Being prepared for the Neuropsychologist appointment: Tips

@karen285 Thank you for being concerned about my getting a diagnosis. I do have a diagnosis. It’s chronic lymphocytic inflammation with pontine perivascular enhancement responsive to steroids. Mouthful! It means i had lesions on my brain that affected almost everything. After 6 years and a few more problems thrown into the mix, I’m working on getting better!

Hi @jamesmiles, I'm tagging fellow members @meitsjustme @centre @maryvc @tgeno @tunared who can share how they were able to get their partners referred for an evaluation by a neuropsychologist.

If you live near a Mayo Clinic facility, you may be able to self refer. See here http://mayocl.in/1mtmR63

I assume your husband has not yet been officially diagnosed with cognitive impairment or dementia, but you're seeing the signs. Is that correct?

Hi Colleen,
My husband has been seeing a neurologist for years for an essential tremor. A few years ago I noticed his memory loss and asked to accompany him to his neurology appointment. The doctor ordered an MRI of the brain, and it showed no plaques or blood vessel occlusion. So, we let things ride for a number of years. My husband's memory problems stayed static for a couple of years, but this year it got worse. I asked to accompany him again to his neurology appointment. The doctor ordered an EEG, another MRI, and a neuro-psych exam. That's how it happened for us. I hope this history helps other people with the same problems. My husband's family has a history of Alzheimers Disease. Good luck with your search for answers. We're still searching, too.

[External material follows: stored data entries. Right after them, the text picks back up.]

//! The truths of a cover in all lanes at once.

ghost use Rattle.std.specs.Prelude.{◌≡◌, ◌<◌, ℕ, length};
ghost use Rattle.design_netlist.specs.Vocabulary.{truth, cover_at, IsCoverOver, number_at, bit_at, IsSettled, is_bit, lane_bits};
ghost use Rattle.design_eval.specs.Tables.{IsTable};
ghost use Rattle.design_eval.specs.Turns.{IsTurn, AreTurns};

use crate::table_word::{are_out, inputs_of, table_word};
use crate::tables::Table;
use crate::turns::Turn;
use design_netlist::{Cover, cover_word};

// The lanes in which a cover that has a table is true.
fn short_word(table: &Table, cover: &Cover, out: u32, words: &[u64], parts: &mut [u64; 64]) -> u64
    requires table { IsTable table.now cover.now }
    requires out { out ≡ cover.now.out }
    requires made { IsCoverOver cover.now (length words.now) }
    requires apart { (k : ℕ) → k < length cover.now.ins → number_at cover.now.ins k ≡ cover.now.out → ⊥ }
    ensures { (j : ℕ) → j < 64 → is_bit result j ≡ truth (bit_at (lane_bits words.now j)) cover.now }
{
    let count = inputs_of(&table.wires, out);
    if !are_out(&table.wires, count, out) {
        return cover_word(cover, words);
    }
    table_word(table, count, words, parts)
}

// The lanes in which the cover of a turn is true.
fn turn_word(turn: &Turn, covers: &[Cover], words: &[u64], parts: &mut [u64; 64]) -> u64
    requires within { turn.now.place < length covers.now }
    requires turn { IsTurn covers.now turn.now }
    requires made { IsCoverOver (cover_at covers.now turn.now.place) (length words.now) }
    requires apart { let cover = cover_at covers.now turn.now.place in
        (k : ℕ) → k < length cover.ins → number_at cover.ins k ≡ cover.out → ⊥ }
    ensures { (j : ℕ) → j < 64 → is_bit result j ≡ truth (bit_at (lane_bits words.now j)) (cover_at covers.now turn.now.place) }
{
    let cover = &covers[turn.place as usize];
    match &turn.table {
        Some(table) => short_word(table, cover, turn.out, words, parts),
        None => cover_word(cover, words),
    }
}

/// Gives each cover's output its truth in all lanes. Takes no memory.
pub fn settle_words(turns: &[Turn], covers: &[Cover], words: &mut Vec<u64>)
    requires turns { AreTurns covers.now turns.now }
    requires made { (i : ℕ) → i < length covers.now → IsCoverOver (cover_at covers.now i) (length words.old.items) }
    ensures settled { (j : ℕ) → j < 64
        → IsSettled covers.now (bit_at (lane_bits words.old.items j)) (bit_at (lane_bits words.new.items j)) }
    ensures size { length words.new.items ≡ length words.old.items }
{
    let mut parts = [0u64; 64];
    'turns: for k in 0..turns.len() {
        let turn = &turns[k];
        words[turn.out as usize] = turn_word(turn, covers, words, &mut parts);
    }
}
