//! Networks with fewer tables than the plain one, on plans that fit.
ghost use Rattle.std.specs.Prelude.{IfOk, IfSome};
ghost use Rattle.map_network.specs.Vocabulary.{IsNetwork, IsPlainNetwork, HasRowsOf};
ghost use Rattle.machine_defects.specs.Lists.{DefectList};
ghost use Rattle.design_netlist.specs.declared.netlist_data.NetlistData.{NetlistData};
ghost use Rattle.place_design.specs.Smaller.{IsImproved, IsLeanFor, IsSmallerFor};

use design_netlist::Netlist;
use machine_defects::Defects;
use map_network::{Network, merged_of, spread_of};
use place_anneal::{better_plan, crossings_of, improve_laid};
use place_plan::{PlaceFail, Placed, in_order_laid, seat_in_order};
use std::alloc::{AllocError, Global};

/// A network, a plan for it that fits, and how many nets of the plan cross a node, summed over all nodes.
#[derive(Drop)]
pub struct Smaller {
    pub network: Network,
    pub placed: Placed,
    pub crossings: u128,
}

/// A plan of a network that fits, with its layout, and how many nets of it cross a node, summed over all nodes.
#[derive(Drop)]
pub struct Improved {
    pub placed: Placed,
    pub crossings: u128,
}

/// The improved plan of a network, if its plan in order fits. What that is short of is no refusal.
///
/// # Errors
///
/// Out of memory.
pub fn improved_plan(
    alloc: Global,
    network: &Network,
    defects: &Defects,
) -> Result<Option<Improved>, AllocError>
    requires { IsNetwork network.now }
    ensures { IfOk result (λ o. IfSome o (IsImproved defects.now network.now)) }
{
    let placed = match in_order_laid(alloc, network, defects) {
        Ok(placed) => placed,
        Err(PlaceFail::Short(_)) => return Ok(None),
        Err(PlaceFail::Memory) => return Err(AllocError),
    };
    let better = improve_laid(alloc, network, placed, defects)?;
    let crossings = crossings_of(alloc, network, &better.plan, defects)?;
    Ok(Some(Improved {
        placed: better,
        crossings,
    }))
}

/// A plan of a network that fits and has fewer crossings than its plan in order, whether that fits or not, if a search finds
/// one.
///
/// # Errors
///
/// Out of memory.
pub fn found_plan(
    alloc: Global,
    network: &Network,
    defects: &Defects,
) -> Result<Option<Improved>, AllocError>
    requires { IsNetwork network.now }
    ensures { IfOk result (λ o. IfSome o (IsImproved defects.now network.now)) }
{
    let Some(plan) = seat_in_order(alloc, network, defects)? else {
        return Ok(None);
    };
    let Some(placed) = better_plan(alloc, network, &plan, defects)? else {
        return Ok(None);
    };
    let crossings = crossings_of(alloc, network, &placed.plan, defects)?;
    Ok(Some(Improved { placed, crossings }))
}

// The plan that is tried for a network: the improved one, and on a machine that isn't small, where its plan in order doesn't fit,
// one that is found.
fn tried_plan(
    alloc: Global,
    network: &Network,
    defects: &Defects,
) -> Result<Option<Improved>, AllocError>
    requires { IsNetwork network.now }
    ensures { IfOk result (λ o. IfSome o (IsImproved defects.now network.now)) }
{
    let improved = improved_plan(alloc, network, defects)?;
    if improved.is_some() || defects.shape().is_small() {
        return Ok(improved);
    }
    found_plan(alloc, network, defects)
}

// The network on the plan that is tried for it, if there is one.
fn planned(
    alloc: Global,
    netlist: &Netlist,
    network: Network,
    defects: &Defects,
) -> Result<Option<Smaller>, AllocError>
    requires { IsLeanFor netlist.now network }
    ensures { IfOk result (λ o. IfSome o (IsSmallerFor defects.now netlist.now)) }
{
    match tried_plan(alloc, &network, defects)? {
        Some(improved) => Ok(Some(Smaller {
            network,
            placed: improved.placed,
            crossings: improved.crossings,
        })),
        None => Ok(None),
    }
}

// The network with tables put into all their readers on a plan that fits, where it has fewer tables than so many.
fn spread_for(
    alloc: Global,
    netlist: &Netlist,
    whole: &Network,
    defects: &Defects,
    tables: usize,
) -> Result<Option<Smaller>, AllocError>
    requires plain { IsPlainNetwork netlist.now whole.now }
    requires network { IsNetwork whole.now }
    requires rows { HasRowsOf whole.now netlist.now }
    ensures { IfOk result (λ o. IfSome o (IsSmallerFor defects.now netlist.now)) }
{
    let spread = spread_of(alloc, whole)?;
    if spread.tables.as_slice().len() >= tables {
        return Ok(None);
    }
    planned(alloc, netlist, spread, defects)
}

// The one with fewer crossings, or the second where both have as many.
fn with_fewer_crossings(merged: Option<Smaller>, spread: Option<Smaller>) -> Option<Smaller>
    ensures { (defects : DefectList) (draft : NetlistData) →
        IfSome merged (IsSmallerFor defects draft) → IfSome spread (IsSmallerFor defects draft) →
        IfSome result (IsSmallerFor defects draft) }
{
    match (merged, spread) {
        (Some(merged), Some(spread)) => {
            if merged.crossings < spread.crossings {
                Some(merged)
            } else {
                Some(spread)
            }
        }
        (Some(merged), None) => Some(merged),
        (None, spread) => spread,
    }
}

/// The design's network with tables put into their readers on a plan that fits, if one does: of that in which they are put into
/// their one reader, and that in which they are put into all, where it has fewer tables, the one whose plan has fewer crossings.
pub fn smaller_for(
    alloc: Global,
    netlist: &Netlist,
    whole: &Network,
    defects: &Defects,
) -> Result<Option<Smaller>, AllocError>
    requires plain { IsPlainNetwork netlist.now whole.now }
    requires network { IsNetwork whole.now }
    requires rows { HasRowsOf whole.now netlist.now }
    ensures { IfOk result (λ o. IfSome o (IsSmallerFor defects.now netlist.now)) }
{
    let merged = merged_of(alloc, whole)?;
    let tables = merged.tables.as_slice().len();
    let first = planned(alloc, netlist, merged, defects)?;
    let second = spread_for(alloc, netlist, whole, defects, tables)?;
    Ok(with_fewer_crossings(first, second))
}
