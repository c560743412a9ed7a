//! Room for a network, or what there is too little of.
ghost use Rattle.std.specs.Prelude.{◌≡◌, ◌<◌};
ghost use Rattle.machine_defects.specs.Lists.{DefectList};
ghost use Rattle.machine_shape.specs.Shape.{nodes_of};
ghost use Rattle.map_network.specs.declared.network.Network.{Network};
ghost use Rattle.place_plan.specs.Vocabulary.{IsPlaceFail};
ghost use Rattle.place_design.specs.Wants.{IsRefusedFor, PlanStops};

use cmd_steps::{Refusal, RefusedRoom, Stop};
use machine_shape::Shape;
use place_plan::{PlaceFail, Short};
use std::alloc::Global;

// The refusal for want of room.
fn no_room(alloc: Global, shape: Shape, short: Short) -> Stop
    requires { short.node.0 < nodes_of shape }
    ensures { IsRefusedFor shape short result }
{
    match RefusedRoom::new(alloc, shape, short) {
        Ok(place) => Stop::Refused(Refusal::Room(place)),
        Err(_) => Stop::Refused(Refusal::Memory),
    }
}

/// Why there is no place for a network, as a refusal.
pub fn no_place(alloc: Global, shape: Shape, fail: PlaceFail) -> Stop
    requires { (d : DefectList) × (n : Network) × (shape ≡ d.shape) × IsPlaceFail d.shape d.list n fail }
    // Of each list and each network of which that is so.
    ensures { (d : DefectList) (n : Network) → shape ≡ d.shape → IsPlaceFail d.shape d.list n fail → PlanStops d n result }
{
    match fail {
        PlaceFail::Short(short) => no_room(alloc, shape, short),
        PlaceFail::Memory => Stop::Refused(Refusal::Memory),
    }
}
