//! Words of which each bit belongs to a vector of its own: all bits at one place of the signals' words are a lane.

ghost use Rattle.std.specs.Prelude.{◌≡◌, ◌<◌, true, length, map};
ghost use Rattle.design_netlist.specs.Vocabulary.{bit_at, is_bit, lane_bits};
ghost use Rattle.design_eval.specs.Bits.{AreBelow};

/// How many lanes a word has.
pub const LANES: u32 = 64;

// The bit of a word in a lane.
fn bit_in(word: u64, lane: u32) -> bool
    requires { lane < 64 }
    ensures { result ≡ is_bit word lane }
{
    (word >> lane) & 1 == 1
}

/// Whether the signals have these bits in a lane.
pub fn stand_in(words: &[u64], signals: &[u32], lane: u32, bits: &[bool]) -> bool
    requires lane { lane < 64 }
    requires bits { length bits.now ≡ length signals.now }
    requires within { AreBelow (length words.now) signals.now }
    ensures { result ≡ true → map (bit_at (lane_bits words.now lane)) signals.now ≡ bits.now }
{
    'signals: for k in 0..signals.len() {
        if bit_in(words[signals[k] as usize], lane) != bits[k] {
            return false;
        }
    }
    true
}

/// Reads the bits of the signals in a lane.
pub fn read_lane(words: &[u64], signals: &[u32], lane: u32, out: &mut [bool])
    requires lane { lane < 64 }
    requires out { length out.old ≡ length signals.now }
    requires within { AreBelow (length words.now) signals.now }
    ensures { out.new ≡ map (bit_at (lane_bits words.now lane)) signals.now }
{
    'signals: for k in 0..signals.len() {
        out[k] = bit_in(words[signals[k] as usize], lane);
    }
}
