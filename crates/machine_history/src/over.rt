//! Laws of runs over a history.
ghost use Rattle.std.specs.Prelude.{◌≡◌, ◌↔◌, ℕ, List, ◌++◌, length, take};
ghost use Rattle.std.specs.List.{AllByRecursion};
ghost use Rattle.machine_shape.specs.Shape.{pins_of};
ghost use Rattle.machine_meaning.specs.Vocabulary.{Faults, Pins};
ghost use Rattle.machine_config.specs.Vocabulary.{Configuration, IsConfiguration, IsRun};
ghost use Rattle.machine_history.specs.Vocabulary.{History, IsHistoryOf, IsConstant, IsRunOver};

/// Over a history a machine gives exactly one reading for each drive.
pub fn runs_over_are_one()
    ensures exists { (h : History) (g : Configuration) → IsHistoryOf g.shape h → IsConfiguration g → (drives : List Pins) →
        (reads : List Pins) × IsRunOver h g drives reads }
    ensures unique { (h : History) (g : Configuration) (drives reads others : List Pins) → IsRunOver h g drives reads →
        IsRunOver h g drives others → reads ≡ others }
    ensures answers { (h : History) (g : Configuration) (drives reads : List Pins) → IsRunOver h g drives reads →
        length reads ≡ length drives }
    ensures pins { (h : History) (g : Configuration) (drives reads : List Pins) → IsRunOver h g drives reads →
        AllByRecursion (λ r. length r ≡ pins_of g.shape) reads }
{}

/// Where the faults are the same at each instant, a run over the history is a run under them.
pub fn constant_histories_are_faults()
    ensures { (f : Faults) (h : History) (g : Configuration) (drives reads : List Pins) → IsConstant f h →
        IsRunOver h g drives reads ↔ IsRun f g drives reads }
{}

/// The first cycles of a run over a history are a run over it.
pub fn runs_over_begin_as_runs()
    ensures { (h : History) (g : Configuration) (drives more reads : List Pins) → IsRunOver h g (drives ++ more) reads →
        IsRunOver h g drives (take (length drives) reads) }
{}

My wife began going to bed very early in early 2022, like 2 or 3 in the afternoon and sleeping for 11 or 12 hours. Clearly this was not normal. She also expected me to go to bed at the same time; this was a source of constant arguments. Her short term memory was clearly failing. Then I discovered that bill she normally paid were not getting paid. There were a couple of bizarre behavioral incidents that caused me to call our PCP. He ordered a MRI of her brain and blood tests. The MRI was inconclusive but he referred her to a neurologist. The blood test revealed a dangerous drop in her blood sodium levels and he referred her to a nephrologist. The neurologist did an in-office cognitive test, which she failed, after which he referred her to a neuropsychologist for a thorough exam. Over the course of the next few months, the neuropsych exam concluded that she had the beginnings of Alzheimer's dementia, and the nephrologist determined that she had a syndrome that was affecting her blood sodium, which has significant cognitive effects. The end result is that she takes sodium chloride tablets twice a day, which has brought her blood sodium levels to close to normal, and the neurologist has her on 10 mg Aricept. Both of these have significantly improved her short term memory, but it is still problematic, and she still sleeps a lot. However, we now know what we're dealing with and responding accordingly. BTW, she totally accepts her diagnosis, and we are working together to do things to compensate for her memory issues, and have done all the necessary legal work to establish trusts, wills and powers of attorney.

I did not know that sleeping a lot was part of the early symptoms. Good golly, we've been in this longer than I thought. Husband was needing super long stretches of sleep back as far as 2015-2016....could even have been earlier. He'd go to bed by 8:00 or 9:00 at night and sleep until noon the next day. Keep sharing people, I have much to learn.

My 92 year old husband was diagnosed with MCI in 2019 (now moderate dementia) and he's fairly stable except for his ambulation, which is deteriorating. And a bit more anxiety about knowing where I am or when I'll be home. I can usually be away for about 2 hours, using the Alexa Drop-In Feature to talk to him and let him know where I am while I'm away. He too goes to bed at 8:30 or 9 and sleeps until 10. Or 11. I don't mind the early bedtime for me too because then I can read my Kindle in peace! He has moderate to severe sleep apnea but is very compliant about wearing his CPAP mask. Recently he's been having more apnea events but we can't get in to see his pulmonologist until December. All of his contemporaries have died, so I really have no one to compare him to! Is it being 92 and just being tired because of age (his explanation); or is it the dementia? He had a 7:15 am cataract surgery appointment and we weren't late, so it seems he can get up if he needs to. I thought he might be depressed, but adding more Lexapro did absolutely nothing, so his doctor weaned him off that. I've asked his geriatrician and his neurologist and they both have responded with the expected "it could be age or the progression of the disease". It doesn't seem to be detrimental to him when I push him to get up because I need him to be out of bed while I'm out of the house. It's just easier and safer, from his standpoint, to stay in bed. He has a great appetite, is cheerful and not at all belligerent or abusive. So what and I complaining about!!!